▸ Saved entries
§ §

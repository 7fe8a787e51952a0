//! The rule of stamps, which are Lamport's logical clocks on entries and wires, and the list of all nodes' entries in
//! the order of their stamps.
//!
//! Each node has a counter (`Counter` of `alpha_core`). A pulse or a put adds one to it; a take sets it to one more
//! than the maximum of the counter and the wire's stamp. The stamp of an entry is the counter after its event, and a
//! wire has the stamp of its put. So a take has a greater stamp than the put of its wire.
//!
//! `specs/Stamps.antt` says which stamps the entries of one node have, and `specs/Merged.antt` says it of the entries
//! of all nodes in one list. `order` makes that list, and only tests use it: the programs merge entries in
//! `transcripts`. `replay_whole` of `net_core` plays the list.
//!
//! ```text
//! let lists = [..];                            // the stamped entries of node v in place v - 1
//! if rising(&lists) {
//!     let rows = order(alloc, &lists)?;        // each a `StampedRow`, with its stamp and the vertex of its node
//! }
//! ```
#![tactic(auto)]

pub mod laws;
mod ordering;
mod rise;
mod table;

pub use ordering::order;
pub use rise::rising;
pub use table::StampTable;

§ §

▸ What needs to be done
In the entries above, find the lines containing the word "lists" and say how many there are, with no other words.

▸ Result below
3